Go through the following data and transcribe exactly the stretch of lines from the one holding "little-endian bytes stand for." to the one holding "pub fn to_le_bytes(x: DecInterval)", both included.

[Stored items]
........
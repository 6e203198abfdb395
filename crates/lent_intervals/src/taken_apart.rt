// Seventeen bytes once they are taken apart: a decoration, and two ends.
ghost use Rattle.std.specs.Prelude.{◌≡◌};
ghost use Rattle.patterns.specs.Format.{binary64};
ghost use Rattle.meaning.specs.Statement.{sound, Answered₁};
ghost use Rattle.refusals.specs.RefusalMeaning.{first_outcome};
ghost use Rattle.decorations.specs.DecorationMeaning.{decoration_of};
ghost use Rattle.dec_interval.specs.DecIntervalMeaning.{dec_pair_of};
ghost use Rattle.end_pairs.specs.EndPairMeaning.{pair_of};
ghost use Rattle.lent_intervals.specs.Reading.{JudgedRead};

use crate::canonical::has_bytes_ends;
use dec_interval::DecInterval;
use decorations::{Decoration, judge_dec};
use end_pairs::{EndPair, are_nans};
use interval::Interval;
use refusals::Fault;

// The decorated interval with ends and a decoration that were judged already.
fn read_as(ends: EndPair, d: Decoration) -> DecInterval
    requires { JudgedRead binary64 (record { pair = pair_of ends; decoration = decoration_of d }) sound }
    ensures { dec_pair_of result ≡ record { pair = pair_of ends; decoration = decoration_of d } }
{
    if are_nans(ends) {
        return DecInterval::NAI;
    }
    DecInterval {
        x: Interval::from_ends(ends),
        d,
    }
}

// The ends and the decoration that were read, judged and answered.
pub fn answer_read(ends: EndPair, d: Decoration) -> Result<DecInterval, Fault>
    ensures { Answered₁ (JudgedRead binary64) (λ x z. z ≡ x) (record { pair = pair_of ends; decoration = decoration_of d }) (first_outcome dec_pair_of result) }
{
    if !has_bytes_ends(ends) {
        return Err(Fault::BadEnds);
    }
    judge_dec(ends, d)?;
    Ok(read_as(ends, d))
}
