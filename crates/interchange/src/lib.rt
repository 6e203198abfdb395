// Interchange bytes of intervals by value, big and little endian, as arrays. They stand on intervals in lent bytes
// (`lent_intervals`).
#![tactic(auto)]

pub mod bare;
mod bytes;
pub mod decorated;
........
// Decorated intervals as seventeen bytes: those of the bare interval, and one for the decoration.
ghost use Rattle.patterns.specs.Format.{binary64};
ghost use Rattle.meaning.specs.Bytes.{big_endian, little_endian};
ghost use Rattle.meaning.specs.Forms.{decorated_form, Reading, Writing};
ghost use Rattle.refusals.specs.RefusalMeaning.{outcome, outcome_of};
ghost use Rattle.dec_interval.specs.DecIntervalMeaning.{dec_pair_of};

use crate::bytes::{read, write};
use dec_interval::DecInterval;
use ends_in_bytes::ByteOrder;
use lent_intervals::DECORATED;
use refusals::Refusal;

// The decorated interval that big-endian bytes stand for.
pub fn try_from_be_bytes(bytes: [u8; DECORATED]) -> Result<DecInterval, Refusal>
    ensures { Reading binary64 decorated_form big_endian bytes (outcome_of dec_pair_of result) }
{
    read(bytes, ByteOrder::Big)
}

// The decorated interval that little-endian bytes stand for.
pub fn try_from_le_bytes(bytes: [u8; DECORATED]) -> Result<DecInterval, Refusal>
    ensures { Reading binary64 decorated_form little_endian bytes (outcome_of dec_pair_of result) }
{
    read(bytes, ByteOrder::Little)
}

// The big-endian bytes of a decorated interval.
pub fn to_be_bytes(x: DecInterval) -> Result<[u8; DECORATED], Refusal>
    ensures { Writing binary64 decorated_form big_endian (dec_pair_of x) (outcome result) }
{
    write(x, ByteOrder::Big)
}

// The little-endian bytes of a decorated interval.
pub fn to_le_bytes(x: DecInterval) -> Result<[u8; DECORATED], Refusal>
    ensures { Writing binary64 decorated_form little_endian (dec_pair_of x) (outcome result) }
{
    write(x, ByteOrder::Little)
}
........
Expected output:
// The decorated interval that little-endian bytes stand for.
pub fn try_from_le_bytes(bytes: [u8; DECORATED]) -> Result<DecInterval, Refusal>
    ensures { Reading binary64 decorated_form little_endian bytes (outcome_of dec_pair_of result) }
{
    read(bytes, ByteOrder::Little)
}

// The big-endian bytes of a decorated interval.
pub fn to_be_bytes(x: DecInterval) -> Result<[u8; DECORATED], Refusal>
    ensures { Writing binary64 decorated_form big_endian (dec_pair_of x) (outcome result) }
{
    write(x, ByteOrder::Big)
}

// The little-endian bytes of a decorated interval.
pub fn to_le_bytes(x: DecInterval) -> Result<[u8; DECORATED], Refusal>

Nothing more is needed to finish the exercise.